Submitty / Submitty

Homework Submission, Automated Grading, and TA grading system.
http://submitty.org
BSD 3-Clause "New" or "Revised" License
640 stars 772 forks source link

Automatically restart websocket server #10450

Open cjreed121 opened 4 months ago

cjreed121 commented 4 months ago

What problem are you trying to solve with Submitty The websocket server is a long lived PHP process which can occasionally fail. This process is only restarted during installs.

Describe the way you'd like to solve this problem We should add a cron job which restarts the web socket server every night.

Additional context It is possible that an installation could happen at a time which conflicts with this cron job. If an install happens, the cron job should be disabled or the cron job should be aware if an installation conflicts. If they conflict the socket server could start with incomplete code or dependencies which could cause undefined behavior.

MasterOdin commented 4 months ago

If the websocket server were to fail, I'd think it should be automatically restarted by systemd? Unless by fail, you mean the server keeps running, though the PHP process itself stops accepting new connections?

bmcutler commented 4 months ago

@MasterOdin

We had a websocket outage/failure this Spring. Websockets had been broken for a week or two at that point. Frustratingly no one reported it because everyone just assumed I knew! When I myself noticed that websockets were down, I did run through my debugging notes here: https://submitty.org/sysadmin/troubleshooting/system_debugging Sorry I didn't record screenshots, but things were offline but without the usual, obvious error messages. Restarting the socket server fixed the problem immediately.
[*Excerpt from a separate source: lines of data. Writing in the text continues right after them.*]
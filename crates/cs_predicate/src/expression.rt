//! Expressions.

ghost use Rattle.std.specs.Prelude.{◌≡◌, IfOk, map};
ghost use Rattle.cs_model.specs.Cells as cells;
ghost use Rattle.cs_model.specs.Expressions as spec;
ghost use Rattle.cs_model.specs.Expressions.{chain, Gives};

use crate::arithmetic::{product_of, signed, sum_of};
use cs_base::Memory;
use cs_model::{Expr, ExprRefusal, Times};
use cs_types::{Loose, Row, Schema, loose_of};

/// What a row's cell in a column stands for; NULL past the columns.
fn loose_at(schema: &Schema, row: &Row, column: usize) -> Result<Loose, Memory>
    ensures { IfOk result (λ loose. loose ≡ cells.loose_at schema.now row.now column) }
{
    match schema.columns.get(column) {
        Some(found) => loose_of(found.kind, row.cell(column)),
        None => Ok(Loose::Null),
    }
}

/// The value of a chain of sums, of which a part on the left is computed.
#[cycle(compute)]
fn sum_on(
    value: Loose,
    rest: &[(bool, Expr)],
    row: &Row,
    schema: &Schema,
) -> Result<Loose, ExprRefusal>
    ensures { Gives result (chain spec.sum value (map (λ part. (part.0, spec.compute part.1 row.now schema.now)) rest.now)) }
{
    let mut left = value;
    for part in rest {
        let right = compute(&part.1, row, schema)?;
        left = sum_of(part.0, &left, &right)?;
    }
    Ok(left)
}

/// The value of a chain of products, of which a part on the left is computed.
#[cycle(compute)]
fn product_on(
    value: Loose,
    rest: &[(Times, Expr)],
    row: &Row,
    schema: &Schema,
) -> Result<Loose, ExprRefusal>
    ensures { Gives result (chain spec.product value (map (λ part. (part.0, spec.compute part.1 row.now schema.now)) rest.now)) }
{
    let mut left = value;
    for part in rest {
        let right = compute(&part.1, row, schema)?;
        left = product_of(part.0, &left, &right)?;
    }
    Ok(left)
}

/// The value of an expression over a row of a schema.
///
/// A literal is as it stands, and a cell as its column means it. Arithmetic is on whole numbers, in a chain from the left,
/// each side computed, the left one first; it is NULL where a side is. `/` cuts toward zero, and `%` has the sign of the
/// left side. `ZeroDivisor` where the right side of one of these is 0 and the left one is not NULL; `Overflow` where a
/// result of arithmetic, also one on the way, is outside bigint; `Memory` where a text finds no room.
#[cycle(compute)]
pub fn compute(expr: &Expr, row: &Row, schema: &Schema) -> Result<Loose, ExprRefusal>
    ensures { Gives result (spec.compute expr.now row.now schema.now) }
{
    match expr {
        Expr::Constant(constant) => Ok(constant.copy()?),
        Expr::Column(column) => Ok(loose_at(schema, row, *column)?),
        Expr::Signed { minus, part } => {
            let value = compute(part.get(), row, schema)?;
            signed(*minus, &value)
        }
        Expr::Sum { first, rest } => {
            let value = compute(first.get(), row, schema)?;
            sum_on(value, rest.as_slice(), row, schema)
        }
        Expr::Product { first, rest } => {
            let value = compute(first.get(), row, schema)?;
            product_on(value, rest.as_slice(), row, schema)
        }
    }
}
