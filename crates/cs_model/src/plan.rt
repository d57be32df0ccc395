//! Statements.

use crate::expr::Expr;
use crate::pred::Pred;
use cs_base::Items;

/// What an INSERT inserts.
#[derive(Debug, Drop)]
pub struct InsertPlan {
    /// For each value of a row the column that takes it. Columns that are not listed take NULL.
    pub columns: Items<usize>,
    /// The rows of VALUES, or one row of expressions over a series.
    pub rows: Items<Items<Expr>>,
    /// The first and the last number of a series.
    pub series: Option<(i64, i64)>,
}

/// What an UPDATE changes: the columns that it sets, each with its new value, in the rows for which the filter is true.
#[derive(Debug, Drop)]
pub struct UpdatePlan {
    pub sets: Items<(usize, Expr)>,
    pub filter: Option<Pred>,
}

/// An item of a SELECT.
#[derive(Clone, Copy, Debug, PartialEq, Eq)]
pub enum Item {
    /// The cell of a column.
    Column(usize),
    /// `COUNT(*)`
    CountAll,
    Count(usize),
    Sum(usize),
    Min(usize),
    Max(usize),
    Avg(usize),
}

/// What a SELECT asks for.
#[derive(Debug, Drop)]
pub struct Query {
    /// The items of an answer's row; for `*` all columns in order.
    pub items: Items<Item>,
    /// The rows that are kept: those for which it is true.
    pub filter: Option<Pred>,
    /// The columns of GROUP BY.
    pub groups: Items<usize>,
    /// Whether the rows are put together into groups: by GROUP BY, or by an aggregate.
    pub grouped: bool,
    /// The columns of ORDER BY; `true` is descending.
    pub order: Items<(usize, bool)>,
}
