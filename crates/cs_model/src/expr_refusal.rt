//! Refusals of expressions.

ghost use Rattle.std.specs.Prelude.{◌≡◌};
ghost use Rattle.cs_model.specs.Expressions.{refusal_number};

use cs_base::Memory;
use thiserror::Error;

/// Why an expression has no value.
#[derive(Clone, Copy, Debug, PartialEq, Eq, Error)]
pub enum ExprRefusal {
    /// A result outside the range of bigint: 8115.
    #[error("arithmetic overflow")]
    Overflow,
    /// Division by zero: 8134.
    #[error("division by zero")]
    ZeroDivisor,
    /// A text found no room: 701.
    #[error("out of memory")]
    Memory,
}

impl From<Memory> for ExprRefusal {
    ghost use Rattle.cs_model.specs.declared.expr_refusal.ExprRefusal.TheVariants as refusal;

    ghost from_gives = { λ _ e. e ≡ refusal.Memory };

    fn from(_error: Memory) -> ExprRefusal {
        ExprRefusal::Memory
    }
}

impl ExprRefusal {
    /// SQL Server's number of the error.
    pub fn number(self) -> u32
        ensures { result ≡ refusal_number self }
    {
        match self {
            ExprRefusal::Overflow => 8115,
            ExprRefusal::ZeroDivisor => 8134,
            ExprRefusal::Memory => 701,
        }
    }
}
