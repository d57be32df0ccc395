// The lines of the reports on row groups and their segments.
use cs_types::{Encoding, Value};

/// The state of a row group, as reports number it: 0 INVISIBLE, 1 OPEN, 2 CLOSED, 3 COMPRESSED, 4 TOMBSTONE (Microsoft's
/// columnstore guide).
#[derive(Clone, Copy, Debug, PartialEq, Eq)]
pub enum GroupState {
    /// 0: the place of a group that a claim makes.
    Invisible,
    /// 1: the delta store that takes rows.
    Opened,
    /// 2: a full delta store that waits.
    Closed,
    /// 3: segments with a delete bitmap.
    Compressed,
    /// 4: what is left of a former group.
    Tombstone,
}

/// A row group by its counts.
#[derive(Clone, Copy, Debug, PartialEq, Eq)]
pub struct GroupLine {
    /// From 1 upwards.
    pub id: u64,
    pub state: GroupState,
    /// The number of versions, ended ones too.
    pub total: u64,
    /// The number of ends that are recorded beside the versions; those in the delete buffer are not among them.
    pub deleted: u64,
}

/// A column's segment of a COMPRESSED row group.
#[derive(Debug, Drop)]
pub struct SegmentLine {
    /// The id of the group.
    pub id: u64,
    /// The column, from 1 by its place in the table.
    pub column: u32,
    pub encoding: Encoding,
    /// The number of cells, those of ended versions too.
    pub rows: u64,
    /// Whether a cell is NULL.
    pub nulls: bool,
    /// The size, in words of 64 bits.
    pub words: u64,
    /// The least and the greatest cell that is not NULL; NULL where there is none.
    pub least: Value,
    pub greatest: Value,
}
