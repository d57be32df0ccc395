//! Predicates.

ghost use Rattle.std.specs.Prelude.{◌≡◌, map};
ghost use Rattle.cs_model.specs.Truths as spec;
ghost use Rattle.cs_predicate.specs.Sides.{lent};

use crate::cells::Cells;
use crate::pattern::is_like;
use crate::side::Side;
use cs_model::{Pred, Relation, Truth};
use cs_types::{Loose, Row, Schema};
use std::cmp::Ordering;

/// Whether two values of this order stand to each other as a sign says.
fn holds(sign: Relation, order: Ordering) -> bool
    ensures { result ≡ spec.holds sign order }
{
    match sign {
        Relation::Equal => order.is_eq(),
        Relation::NotEqual => order.is_ne(),
        Relation::Less => order.is_lt(),
        Relation::LessEqual => order.is_le(),
        Relation::Greater => order.is_gt(),
        Relation::GreaterEqual => order.is_ge(),
    }
}

/// The truth of a comparison: Unknown where the sides have no order.
pub fn compare(sign: Relation, left: Side<'_>, right: Side<'_>) -> Truth
    ensures { result ≡ spec.compare sign (lent left.entry) (lent right.entry) }
{
    match left.order(right) {
        Some(order) => Truth::from_bool(holds(sign, order)),
        None => Truth::Unknown,
    }
}

/// The truth of BETWEEN.
fn between(low: &Loose, high: &Loose, cell: Side<'_>) -> Truth
    ensures { result ≡ spec.between low.now high.now (lent cell.entry) }
{
    let above = compare(Relation::GreaterEqual, cell, Side::of_constant(low));
    let below = compare(Relation::LessEqual, cell, Side::of_constant(high));
    above.and(below)
}

/// The truth of IN. The first value that is equal ends the search.
fn among(cell: Side<'_>, list: &[Loose]) -> Truth
    ensures { result ≡ spec.among (lent cell.entry) list.now }
{
    let mut found = Truth::False;
    for constant in list {
        found = found.or(compare(Relation::Equal, cell, Side::of_constant(constant)));
        if found == Truth::True {
            return found;
        }
    }
    found
}

/// The truth of LIKE.
fn like(pattern: &[u8], cell: Side<'_>) -> Truth
    ensures { result ≡ spec.like pattern.now (lent cell.entry) }
{
    match cell {
        Side::Text(text) => Truth::from_bool(is_like(pattern, text)),
        _ => Truth::Unknown,
    }
}

/// The truth of IS NULL.
fn is_null(cell: Side<'_>) -> Truth
    ensures { result ≡ spec.truth_if (spec.is_null (lent cell.entry)) }
{
    Truth::from_bool(matches!(cell, Side::Null))
}

/// The truth of a chain of OR. The first part that is True ends it.
#[cycle(truth_of)]
fn any_of<C: Cells>(parts: &[Pred], row: &C, schema: &Schema) -> Truth
    ensures { result ≡ spec.any_of (map (λ part. spec.truth part (C.row_of row.now) schema.now) parts.now) }
{
    let mut found = Truth::False;
    for part in parts {
        found = found.or(truth_of(part, row, schema));
        if found == Truth::True {
            return found;
        }
    }
    found
}

/// The truth of a chain of AND. The first part that is False ends it.
#[cycle(truth_of)]
fn all_of<C: Cells>(parts: &[Pred], row: &C, schema: &Schema) -> Truth
    ensures { result ≡ spec.all_of (map (λ part. spec.truth part (C.row_of row.now) schema.now) parts.now) }
{
    let mut found = Truth::True;
    for part in parts {
        found = found.and(truth_of(part, row, schema));
        if found == Truth::False {
            return found;
        }
    }
    found
}

/// The truth of a predicate over a row of a schema, whose cells may stand anywhere. It takes no memory.
///
/// A comparison with NULL is Unknown. Numbers of different scales are compared exactly, texts byte by byte, days by their
/// number. BETWEEN is `>=` and `<=`, IN the OR of equalities. LIKE is as `is_like` has it. NOT, AND and OR are
/// three-valued; IS NULL is True or False.
#[cycle(truth_of)]
pub fn truth_of<C: Cells>(pred: &Pred, row: &C, schema: &Schema) -> Truth
    ensures { result ≡ spec.truth pred.now (C.row_of row.now) schema.now }
{
    match pred {
        Pred::AnyOf(parts) => any_of(parts.as_slice(), row, schema),
        Pred::AllOf(parts) => all_of(parts.as_slice(), row, schema),
        Pred::Not(part) => truth_of(part.get(), row, schema).negated(),
        Pred::Compare { left, sign, right } => compare(
            *sign,
            Side::of_operand(schema, row, left),
            Side::of_operand(schema, row, right),
        ),
        Pred::Between {
            column,
            negated,
            low,
            high,
        } => between(low, high, Side::of_cell(schema, row, *column)).negated_if(*negated),
        Pred::Among {
            column,
            negated,
            list,
        } => among(Side::of_cell(schema, row, *column), list.as_slice()).negated_if(*negated),
        Pred::Like {
            column,
            negated,
            pattern,
        } => like(pattern.as_slice(), Side::of_cell(schema, row, *column)).negated_if(*negated),
        Pred::IsNull { column, negated } => {
            is_null(Side::of_cell(schema, row, *column)).negated_if(*negated)
        }
    }
}

/// The truth of a predicate over a row of a schema, as `truth_of` has it.
pub fn truth(pred: &Pred, row: &Row, schema: &Schema) -> Truth
    ensures { result ≡ spec.truth pred.now row.now schema.now }
{
    truth_of(pred, row, schema)
}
It was unsettling/unsatisfying to not know what had caused the problem, or what was wrong.

It was possibly the longest period the server was running without installing new software -- and without the stop/start of sockets/apache/etc. It was running for about 2 months between releases - we didn't need to install updates for urgently needed bugfixes or new features. I don't believe restarting it every night is necessary, but I think a once a week restart wouldn't hurt anything. Maybe other things (e.g., jobs daemon, apache, or even autograding queue) could/should be preventatively restarted as well.